Cependant Don Quichotte se désespérait ; mais, plus il frappait son cheval de l’éperon, moins il le faisait avancer ; enfin, sans se douter de la ligature, il trouva bon de se calmer et d’attendre, ou que le jour vînt, ou que Rossinante remuât. Toutefois, attribuant son refus de marcher à toute autre cause que l’industrie de Sancho : « Puisqu’il en est ainsi, lui dit-il, et que Rossinante ne veut pas avancer, il faut bien me résigner à attendre que l’aube nous rie, quoique j’aie à pleurer tout le temps qu’elle va tarder à poindre. — Il n’y a pas de quoi pleurer, répondit Sancho ; j’amuserai votre grâce en lui contant des contes jusqu’au jour ; à moins pourtant que vous n’aimiez mieux descendre de cheval, et dormir un peu sur le gazon, à la mode des chevaliers errants, pour vous trouver demain mieux reposé, et plus en état d’entreprendre cette furieuse aventure qui vous attend. — Qu’appelles-tu descendre, qu’appelles-tu dormir ! s’écria Don Quichotte. Suis-je par hasard de ces chevaliers musqués qui prennent du repos dans les périls ? Dors, toi, qui es né pour dormir, et fais tout ce que tu voudras ; mais je ferai, moi, ce qui convient le plus à mes desseins. — Que votre grâce ne se fâche pas, mon cher seigneur, répondit Sancho ; j’ai dit cela pour rire ; » et, s’approchant de lui, il mit une main sur l’arçon de devant, passa l’autre sur l’arçon de derrière, de sorte qu’il se tint embrassé à la cuisse gauche de son maître, sans oser s’en éloigner d’une seule ligne, tant sa frayeur était grande au bruit des coups qui continuaient à frapper alternativement.
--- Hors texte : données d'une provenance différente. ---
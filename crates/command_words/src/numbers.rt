//! The three numbers of `load`.
ghost use Rattle.std.specs.Prelude.{◌≡◌, IfSome};
ghost use Rattle.std.specs.Char.{is_ascii_digit};
ghost use Rattle.std.specs.List.{list_all};
ghost use Rattle.document_forms.specs.Numbers.{is_between as is_between_def};
ghost use Rattle.command_words.specs.LoadWords.{begins_as_numeral as begins_def, is_numeral as is_numeral_def, number_of as number_def, load_within as load_within_def, load_of as load_def, HasItsNumbers};

use crate::command::Command;

/// Whether there is a byte, and no zero that others follow.
fn begins_as_numeral(bytes: &[u8]) -> bool
    ensures { result ≡ begins_def bytes.now }
{
    match bytes {
        [] => false,
        [_] => true,
        [first, ..] => *first != b'0',
    }
}

fn are_digits(bytes: &[u8]) -> bool
    ensures { result ≡ list_all is_ascii_digit bytes.now }
{
    bytes.iter().all(|byte| byte.is_ascii_digit())
}

#[tactic(auto, unfolding(crate::specs::LoadWords::is_numeral))]
fn is_numeral(bytes: &[u8]) -> bool
    ensures { result ≡ is_numeral_def bytes.now }
{
    if !begins_as_numeral(bytes) {
        return false;
    }
    are_digits(bytes)
}

/// The number that the word is: decimal digits, with no sign, and no zero in front but `0` alone.
#[tactic(auto, using(crate::proofs::LoadWords::number_read, crate::proofs::LoadWords::no_number))]
fn number_of(word: &str) -> Option<u64>
    ensures { result ≡ number_def word.now }
{
    if !is_numeral(word.as_bytes()) {
        return None;
    }
    word.parse::<u64>().ok()
}

fn is_between(low: u64, high: u64, number: u64) -> bool
    ensures { result ≡ is_between_def low high number }
{
    low <= number && number <= high
}

/// The command of these numbers, if they are within their limits.
fn load_within(seed: u64, clients: u64, requests: u64) -> Option<Command>
    ensures made { result ≡ load_within_def seed clients requests }
    ensures within { IfSome result HasItsNumbers }
{
    if !is_between(1, 64, clients) {
        return None;
    }
    if !is_between(1, 10, requests) {
        return None;
    }
    Some(Command::Load {
        seed,
        clients,
        requests,
    })
}

/// The command of these three words behind `load`, if they are numbers within their limits.
pub(crate) fn load_of(seed: &str, clients: &str, requests: &str) -> Option<Command>
    ensures made { result ≡ load_def (number_def seed.now) (number_def clients.now)
        (number_def requests.now) }
    ensures within { IfSome result HasItsNumbers }
{
    let Some(seed) = number_of(seed) else {
        return None;
    };
    let Some(clients) = number_of(clients) else {
        return None;
    };
    let Some(requests) = number_of(requests) else {
        return None;
    };
    load_within(seed, clients, requests)
}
Don Quichotte dit alors à Sancho de lui conter un conte, comme il le lui avait promis. « Je le ferais de bon cœur, répondit l’écuyer, si la peur me laissait la parole ; et cependant je vais m’efforcer de vous dire une histoire, telle que si je parviens à la conter et si je n’en oublie rien, ce sera la meilleure de toutes les histoires. Que votre grâce soit donc attentive, je vais commencer.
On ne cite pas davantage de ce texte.